**Exercise prompt**
Take from the material every line containing the string "IsRefusedOrWants" and copy it.
BEGIN
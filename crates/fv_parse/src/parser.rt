// The parser's call.

ghost use Rattle.std.specs.Prelude.{◌≡◌, ◌<◌, ◌⊎◌, length, IfOk, IfErr};
ghost use Rattle.fv_parse_grammar.specs.headline.Tree.{Tree as Spelled};
ghost use Rattle.fv_parse.specs.declared.refusal.ParseRefusal.{ParseRefusal as Refusal};
ghost use Rattle.fv_parse.specs.declared.refusal.ParseRefusal.TheVariants.{NoMemory};
ghost use Rattle.fv_parse_tree.specs.Arena.{trees, tree_at};
ghost use Rattle.fv_parse.specs.Trees.{program_of};
ghost use Rattle.fv_parse.specs.headline.Outcomes.{HasRefusal, IsSpelled, IsAccepted};
ghost use Rattle.fv_parse.specs.Outcomes.{HasTree, IsRefusedOrWants};
ghost use Rattle.fv_parse.specs.inner.Outcomes.{Finishes};

use crate::laws::one_outcome;
use crate::names::canonical_numbers;
use crate::parsed::{Tree, place_from};
use crate::refusal::ParseRefusal;
use crate::static_errors::refused;
use crate::unsupported::first_unsupported;
use fv_lex::Tokens;
use fv_parse_grammar::{reads_what_is_spelled, spelled_once, stops_at_the_place};
use fv_parse_tree::{Arena, Fault, TreeId, read};
use std::alloc::Global;

/// What is left to see of a program that is spelled.
fn finish<'a>(
    alloc: Global,
    tokens: &'a Tokens<'a>,
    arena: Arena,
    root: TreeId,
) -> Result<Tree<'a>, ParseRefusal>
    requires { root < length arena }
    ensures { Finishes tokens.now (tree_at (trees arena) root) result }
{
    let names = canonical_numbers(alloc, tokens)?;
    let tree = Tree {
        tokens,
        entries: arena.into_entries(),
        root,
        names,
    };
    match refused(alloc, &tree)? {
        Some(refusal) => Err(refusal),
        None => Ok(tree),
    }
}

/// The tree that the tokens spell, or what refuses them.
fn answer<'a>(alloc: Global, tokens: &'a Tokens<'a>) -> Result<Tree<'a>, ParseRefusal>
    ensures tree { IfOk result (HasTree tokens.now) }
    ensures refusal { IfErr result (λ e. (e ≡ NoMemory) ⊎ HasRefusal tokens.now e) }
{
    // The laws that the clauses stand on, and that the tokens are those of a text.
    reads_what_is_spelled();
    stops_at_the_place();
    let _source = tokens.source();
    if let Some(word) = first_unsupported(alloc, tokens)? {
        return Err(ParseRefusal::Unsupported { word });
    }
    match read(alloc, tokens.symbols()) {
        Ok((arena, root)) => finish(alloc, tokens, arena, root),
        Err(Fault::NoMemory) => Err(ParseRefusal::NoMemory),
        Err(Fault::Syntax(rest)) => {
            let place = place_from(tokens, rest.len() as u64);
            Err(ParseRefusal::Syntax {
                line: place.line,
                column: place.column,
            })
        }
    }
}

/// The one tree that the tokens spell. An unsupported token is refused first. Then tokens that spell no tree are refused, at the
/// first token with which they begin no program. Then the first static error in the text is refused: a name that is redefined, a
/// name that is repeated, or a rule of another width. A missing `process` is refused last.
pub fn parse<'a>(alloc: Global, tokens: &'a Tokens<'a>) -> Result<Tree<'a>, ParseRefusal>
    // A tree that is answered is the one that the tokens spell.
    ensures tree { IfOk result (HasTree tokens.now) }

    // A refusal is the one that the tokens have, unless memory ran out.
    ensures refusal { IfErr result (λ e. (e ≡ NoMemory) ⊎ HasRefusal tokens.now e) }

    // No other tree is spelled.
    ensures only { IfOk result (λ p. (x : Spelled) → IsSpelled tokens.now x → x ≡ program_of p) }

    // The refusal that the tokens have is answered, and where they are accepted none, unless memory ran out.
    ensures exact { (e : Refusal) → HasRefusal tokens.now e → IsRefusedOrWants result e }
    ensures accepted { (x : Spelled) → IsAccepted tokens.now x → IfErr result (λ e. e ≡ NoMemory) }
{
    // The laws that the last three clauses stand on.
    one_outcome();
    spelled_once();
    answer(alloc, tokens)
}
END
**Result for this exercise**
ghost use Rattle.fv_parse.specs.Outcomes.{HasTree, IsRefusedOrWants};
    ensures exact { (e : Refusal) → HasRefusal tokens.now e → IsRefusedOrWants result e }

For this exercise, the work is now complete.